• _Assignment_: A single number is wanted: how many lines of the data below include the string "hold"?

• _Materials provided_:
┏━━
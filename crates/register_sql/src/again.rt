//! Laws about one run of the program and the next. Each is stated on a function that no program
//! calls.
ghost use Rattle.std.specs.Prelude.{IfOk};
ghost use Rattle.sqlite.specs.Files.{file_state};
ghost use Rattle.sqlite.specs.State.{HasCleanDisk};
ghost use Rattle.sqlite.specs.WalFiles.{image_at, outcomes};
ghost use Rattle.sqlite.specs.WalReads.{AreClean};
ghost use Rattle.register_sql.specs.Runs.{AreAlike, Lasts};
ghost use Rattle.register_sql.specs.Stores.{in_store};

use crate::sql::SqlRegister;
use sqlite::{Error, FileFrom, FileStore, Files, Start};
use sqlite_disk::Disk;
use std::alloc::Global;

/// Closes a register and opens the next run's files. The two stores may hold the same rows if the
/// next run's files are as the closed ones, or as a crash after the close may leave those.
///
/// Returns the closed files and the next register, or the first error: that of closing, then that
/// of opening.
pub fn closed_and_opened<D: Disk + Drop, T: Start>(
    rt: &HostRuntime,
    alloc: Global,
    path: &str,
    register: SqlRegister<FileStore<D>>,
    next: T,
) -> Result<(Files<D>, SqlRegister<FileStore<FileFrom<T>>>), Error>
    ensures { IfOk result (λ r. AreClean D.Disk r.0.log r.0.db
        → outcomes D.Disk r.0.log r.0.db (image_at T.Start) → HasCleanDisk (file_state r.1.conn)
        → ∥ AreAlike (in_store (file_state register.conn)) (in_store (file_state r.1.conn)) ∥₁) }
{
    let files = match register.close() {
        Ok(files) => files,
        Err((error, files)) => {
            drop(files);
            return Err(error);
        }
    };
    match SqlRegister::on_file_from(rt, alloc, path, next) {
        Ok(again) => Ok((files, again)),
        Err(error) => {
            drop(files);
            Err(error)
        }
    }
}

/// Ends a register without closing its files, and opens the next run's files. Whatever rows the new
/// store may hold, the old one may have held. Otherwise like [`closed_and_opened`].
pub fn left_and_opened<D: Disk + Drop, T: Start>(
    rt: &HostRuntime,
    alloc: Global,
    path: &str,
    register: SqlRegister<FileStore<D>>,
    next: T,
) -> Result<(Files<D>, SqlRegister<FileStore<FileFrom<T>>>), Error>
    ensures { IfOk result (λ r. AreClean D.Disk r.0.log r.0.db
        → outcomes D.Disk r.0.log r.0.db (image_at T.Start) → HasCleanDisk (file_state r.1.conn)
        → Lasts (in_store (file_state register.conn)) (in_store (file_state r.1.conn))) }
{
    let files = register.let_go();
    match SqlRegister::on_file_from(rt, alloc, path, next) {
        Ok(again) => Ok((files, again)),
        Err(error) => {
            drop(files);
            Err(error)
        }
    }
}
┗━━
• _Response box_: 2